Saved data entries:
* * * *

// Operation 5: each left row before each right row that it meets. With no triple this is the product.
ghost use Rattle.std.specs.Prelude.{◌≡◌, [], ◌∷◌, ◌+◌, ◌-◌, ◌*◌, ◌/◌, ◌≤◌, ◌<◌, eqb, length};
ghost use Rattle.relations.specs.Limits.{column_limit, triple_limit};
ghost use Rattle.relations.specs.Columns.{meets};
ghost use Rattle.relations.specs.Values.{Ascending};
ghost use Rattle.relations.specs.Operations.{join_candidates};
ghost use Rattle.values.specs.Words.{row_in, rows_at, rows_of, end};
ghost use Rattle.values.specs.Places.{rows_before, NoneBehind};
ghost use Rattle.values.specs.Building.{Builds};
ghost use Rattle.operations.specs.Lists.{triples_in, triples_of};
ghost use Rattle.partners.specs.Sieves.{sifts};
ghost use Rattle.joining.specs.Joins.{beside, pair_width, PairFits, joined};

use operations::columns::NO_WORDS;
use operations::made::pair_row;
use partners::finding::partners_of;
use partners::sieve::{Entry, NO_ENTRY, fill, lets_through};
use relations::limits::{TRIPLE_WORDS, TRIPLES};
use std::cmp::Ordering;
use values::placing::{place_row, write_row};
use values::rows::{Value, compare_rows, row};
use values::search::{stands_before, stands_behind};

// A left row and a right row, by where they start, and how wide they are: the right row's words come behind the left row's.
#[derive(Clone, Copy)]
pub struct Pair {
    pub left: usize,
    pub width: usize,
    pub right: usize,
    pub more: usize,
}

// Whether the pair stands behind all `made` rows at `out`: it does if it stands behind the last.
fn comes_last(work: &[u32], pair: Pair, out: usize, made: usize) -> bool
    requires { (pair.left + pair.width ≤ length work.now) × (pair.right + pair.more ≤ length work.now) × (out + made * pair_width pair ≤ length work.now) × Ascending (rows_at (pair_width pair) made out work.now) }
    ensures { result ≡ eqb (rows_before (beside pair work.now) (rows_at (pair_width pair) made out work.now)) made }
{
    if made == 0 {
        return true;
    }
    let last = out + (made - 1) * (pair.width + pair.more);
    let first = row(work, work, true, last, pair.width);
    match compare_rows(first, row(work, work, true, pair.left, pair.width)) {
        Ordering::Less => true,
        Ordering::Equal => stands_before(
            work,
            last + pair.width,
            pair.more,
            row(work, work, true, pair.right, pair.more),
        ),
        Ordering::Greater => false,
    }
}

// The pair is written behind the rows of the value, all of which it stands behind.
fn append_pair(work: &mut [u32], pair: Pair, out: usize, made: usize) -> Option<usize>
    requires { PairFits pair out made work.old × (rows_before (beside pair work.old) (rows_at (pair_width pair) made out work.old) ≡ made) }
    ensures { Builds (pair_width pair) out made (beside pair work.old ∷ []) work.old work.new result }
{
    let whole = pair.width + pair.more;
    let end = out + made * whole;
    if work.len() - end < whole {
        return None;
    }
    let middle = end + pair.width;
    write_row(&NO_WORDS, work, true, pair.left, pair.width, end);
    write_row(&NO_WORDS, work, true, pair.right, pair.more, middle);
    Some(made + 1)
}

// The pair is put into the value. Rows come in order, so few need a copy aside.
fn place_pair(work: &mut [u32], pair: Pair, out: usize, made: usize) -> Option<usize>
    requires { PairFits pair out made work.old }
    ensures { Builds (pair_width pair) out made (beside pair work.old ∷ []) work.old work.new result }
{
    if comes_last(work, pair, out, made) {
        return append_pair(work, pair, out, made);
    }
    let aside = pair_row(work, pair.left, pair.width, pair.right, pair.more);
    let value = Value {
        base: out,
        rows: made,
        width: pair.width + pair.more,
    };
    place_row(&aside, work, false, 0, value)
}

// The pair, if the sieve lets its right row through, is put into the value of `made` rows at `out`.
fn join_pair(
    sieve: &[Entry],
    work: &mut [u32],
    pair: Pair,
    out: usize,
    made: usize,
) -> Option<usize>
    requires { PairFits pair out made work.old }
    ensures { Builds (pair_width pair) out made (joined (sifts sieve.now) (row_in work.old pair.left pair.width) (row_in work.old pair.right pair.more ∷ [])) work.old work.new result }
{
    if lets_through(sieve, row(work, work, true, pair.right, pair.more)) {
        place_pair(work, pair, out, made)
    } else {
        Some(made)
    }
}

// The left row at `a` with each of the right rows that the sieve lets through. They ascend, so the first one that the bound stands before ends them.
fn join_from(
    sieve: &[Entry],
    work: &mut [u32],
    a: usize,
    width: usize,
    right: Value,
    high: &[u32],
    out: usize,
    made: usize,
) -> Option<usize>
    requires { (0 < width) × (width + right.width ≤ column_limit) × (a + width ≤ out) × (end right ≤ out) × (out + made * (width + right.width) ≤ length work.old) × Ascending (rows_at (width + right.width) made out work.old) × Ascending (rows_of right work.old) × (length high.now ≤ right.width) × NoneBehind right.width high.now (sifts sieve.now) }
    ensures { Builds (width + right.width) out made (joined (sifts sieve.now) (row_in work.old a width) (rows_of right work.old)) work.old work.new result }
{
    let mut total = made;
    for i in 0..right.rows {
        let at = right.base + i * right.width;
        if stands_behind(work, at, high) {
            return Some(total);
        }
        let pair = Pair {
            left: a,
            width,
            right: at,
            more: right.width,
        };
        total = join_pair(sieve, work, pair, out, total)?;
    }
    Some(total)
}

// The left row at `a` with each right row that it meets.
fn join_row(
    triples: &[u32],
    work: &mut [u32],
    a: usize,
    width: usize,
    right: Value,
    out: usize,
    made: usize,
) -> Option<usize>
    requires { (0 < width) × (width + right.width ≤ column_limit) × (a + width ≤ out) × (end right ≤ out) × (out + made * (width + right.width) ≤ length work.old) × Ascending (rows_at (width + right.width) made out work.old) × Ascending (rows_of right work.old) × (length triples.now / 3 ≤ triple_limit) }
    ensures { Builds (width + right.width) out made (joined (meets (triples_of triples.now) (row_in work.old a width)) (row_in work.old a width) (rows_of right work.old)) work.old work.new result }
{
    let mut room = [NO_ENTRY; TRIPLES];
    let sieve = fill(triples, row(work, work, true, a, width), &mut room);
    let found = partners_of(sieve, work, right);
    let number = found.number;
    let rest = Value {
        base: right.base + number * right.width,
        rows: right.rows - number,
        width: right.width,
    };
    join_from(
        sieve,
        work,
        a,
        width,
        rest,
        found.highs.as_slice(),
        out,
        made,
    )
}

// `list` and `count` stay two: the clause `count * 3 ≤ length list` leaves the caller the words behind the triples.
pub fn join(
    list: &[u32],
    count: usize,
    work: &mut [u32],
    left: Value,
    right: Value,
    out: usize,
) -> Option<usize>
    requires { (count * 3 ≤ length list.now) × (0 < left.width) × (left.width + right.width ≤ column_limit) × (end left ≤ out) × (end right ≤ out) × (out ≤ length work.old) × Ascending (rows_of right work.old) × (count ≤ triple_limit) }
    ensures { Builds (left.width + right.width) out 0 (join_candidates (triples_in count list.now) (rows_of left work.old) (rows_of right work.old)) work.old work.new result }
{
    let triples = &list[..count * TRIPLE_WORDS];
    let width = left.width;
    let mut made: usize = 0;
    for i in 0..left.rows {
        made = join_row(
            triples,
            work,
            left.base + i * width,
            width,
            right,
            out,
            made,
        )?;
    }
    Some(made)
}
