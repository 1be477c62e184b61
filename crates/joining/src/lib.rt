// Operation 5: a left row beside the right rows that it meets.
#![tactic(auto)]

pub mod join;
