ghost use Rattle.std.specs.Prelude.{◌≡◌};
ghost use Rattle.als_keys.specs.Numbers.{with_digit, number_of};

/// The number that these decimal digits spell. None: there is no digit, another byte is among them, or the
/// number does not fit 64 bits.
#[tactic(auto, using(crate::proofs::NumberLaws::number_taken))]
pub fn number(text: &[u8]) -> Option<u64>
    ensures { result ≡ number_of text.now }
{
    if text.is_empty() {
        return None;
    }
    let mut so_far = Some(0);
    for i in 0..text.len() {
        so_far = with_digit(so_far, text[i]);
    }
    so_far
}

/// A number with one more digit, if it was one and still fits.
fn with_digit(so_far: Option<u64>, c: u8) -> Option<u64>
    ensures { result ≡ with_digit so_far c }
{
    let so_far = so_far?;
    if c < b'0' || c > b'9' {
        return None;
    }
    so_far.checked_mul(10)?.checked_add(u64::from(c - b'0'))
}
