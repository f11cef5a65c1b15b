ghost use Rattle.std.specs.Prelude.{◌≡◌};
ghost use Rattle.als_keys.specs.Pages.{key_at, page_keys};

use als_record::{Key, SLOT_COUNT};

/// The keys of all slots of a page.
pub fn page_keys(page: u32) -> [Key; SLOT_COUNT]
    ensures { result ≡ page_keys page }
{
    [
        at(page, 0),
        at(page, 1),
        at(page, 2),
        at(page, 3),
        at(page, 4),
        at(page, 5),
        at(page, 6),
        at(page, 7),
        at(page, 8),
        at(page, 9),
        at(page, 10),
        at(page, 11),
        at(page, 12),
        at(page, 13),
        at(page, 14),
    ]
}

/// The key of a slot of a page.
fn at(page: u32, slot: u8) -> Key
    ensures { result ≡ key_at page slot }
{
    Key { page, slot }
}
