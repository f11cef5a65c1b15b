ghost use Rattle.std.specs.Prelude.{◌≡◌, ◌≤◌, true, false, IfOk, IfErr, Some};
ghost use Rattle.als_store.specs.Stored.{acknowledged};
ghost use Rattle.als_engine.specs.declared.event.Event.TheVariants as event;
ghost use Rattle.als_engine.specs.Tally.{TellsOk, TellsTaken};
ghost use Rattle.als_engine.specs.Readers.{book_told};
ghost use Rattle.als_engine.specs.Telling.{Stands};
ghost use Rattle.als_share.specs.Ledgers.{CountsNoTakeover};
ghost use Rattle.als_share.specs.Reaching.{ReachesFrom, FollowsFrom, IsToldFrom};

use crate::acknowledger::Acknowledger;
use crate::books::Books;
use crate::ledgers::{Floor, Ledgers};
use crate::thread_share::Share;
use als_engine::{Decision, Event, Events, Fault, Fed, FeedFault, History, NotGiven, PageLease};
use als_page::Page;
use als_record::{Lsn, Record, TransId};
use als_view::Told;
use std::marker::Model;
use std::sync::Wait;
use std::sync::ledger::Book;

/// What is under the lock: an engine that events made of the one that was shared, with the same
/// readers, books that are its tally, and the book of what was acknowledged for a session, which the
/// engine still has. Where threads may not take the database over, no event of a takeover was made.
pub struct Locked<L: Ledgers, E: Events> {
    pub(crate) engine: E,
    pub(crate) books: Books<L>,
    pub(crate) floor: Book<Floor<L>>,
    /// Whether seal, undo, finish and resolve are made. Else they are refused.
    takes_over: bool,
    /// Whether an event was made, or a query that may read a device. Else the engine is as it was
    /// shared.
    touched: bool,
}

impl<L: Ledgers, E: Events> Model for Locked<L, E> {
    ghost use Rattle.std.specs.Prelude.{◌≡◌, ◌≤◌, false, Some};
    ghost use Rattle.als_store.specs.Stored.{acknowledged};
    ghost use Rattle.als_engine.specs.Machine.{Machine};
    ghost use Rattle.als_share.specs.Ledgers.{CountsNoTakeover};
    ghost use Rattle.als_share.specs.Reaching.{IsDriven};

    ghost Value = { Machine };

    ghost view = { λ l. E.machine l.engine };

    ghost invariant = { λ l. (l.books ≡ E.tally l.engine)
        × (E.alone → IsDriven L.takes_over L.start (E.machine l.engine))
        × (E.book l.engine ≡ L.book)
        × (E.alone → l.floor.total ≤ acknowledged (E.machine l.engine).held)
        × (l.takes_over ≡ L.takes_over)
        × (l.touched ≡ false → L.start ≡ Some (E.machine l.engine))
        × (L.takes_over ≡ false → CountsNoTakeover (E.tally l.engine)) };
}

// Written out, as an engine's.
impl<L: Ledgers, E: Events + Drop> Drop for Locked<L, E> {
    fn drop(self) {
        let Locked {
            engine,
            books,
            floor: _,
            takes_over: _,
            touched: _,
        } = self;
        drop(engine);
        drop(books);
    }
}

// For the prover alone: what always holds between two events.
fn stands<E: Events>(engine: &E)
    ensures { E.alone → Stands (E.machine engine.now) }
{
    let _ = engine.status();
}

* * * *

■ About this exercise ■
An exact copy of the data is needed, running from its first line through the line that holds "(pair.left + pair.width", and nothing beyond that.

■ Result ■
// Operation 5: each left row before each right row that it meets. With no triple this is the product.
ghost use Rattle.std.specs.Prelude.{◌≡◌, [], ◌∷◌, ◌+◌, ◌-◌, ◌*◌, ◌/◌, ◌≤◌, ◌<◌, eqb, length};
ghost use Rattle.relations.specs.Limits.{column_limit, triple_limit};
ghost use Rattle.relations.specs.Columns.{meets};
ghost use Rattle.relations.specs.Values.{Ascending};
ghost use Rattle.relations.specs.Operations.{join_candidates};
ghost use Rattle.values.specs.Words.{row_in, rows_at, rows_of, end};
ghost use Rattle.values.specs.Places.{rows_before, NoneBehind};
ghost use Rattle.values.specs.Building.{Builds};
ghost use Rattle.operations.specs.Lists.{triples_in, triples_of};
ghost use Rattle.partners.specs.Sieves.{sifts};
ghost use Rattle.joining.specs.Joins.{beside, pair_width, PairFits, joined};

use operations::columns::NO_WORDS;
use operations::made::pair_row;
use partners::finding::partners_of;
use partners::sieve::{Entry, NO_ENTRY, fill, lets_through};
use relations::limits::{TRIPLE_WORDS, TRIPLES};
use std::cmp::Ordering;
use values::placing::{place_row, write_row};
use values::rows::{Value, compare_rows, row};
use values::search::{stands_before, stands_behind};

// A left row and a right row, by where they start, and how wide they are: the right row's words come behind the left row's.
#[derive(Clone, Copy)]
pub struct Pair {
    pub left: usize,
    pub width: usize,
    pub right: usize,
    pub more: usize,
}

// Whether the pair stands behind all `made` rows at `out`: it does if it stands behind the last.
fn comes_last(work: &[u32], pair: Pair, out: usize, made: usize) -> bool
    requires { (pair.left + pair.width ≤ length work.now) × (pair.right + pair.more ≤ length work.now) × (out + made * pair_width pair ≤ length work.now) × Ascending (rows_at (pair_width pair) made out work.now) }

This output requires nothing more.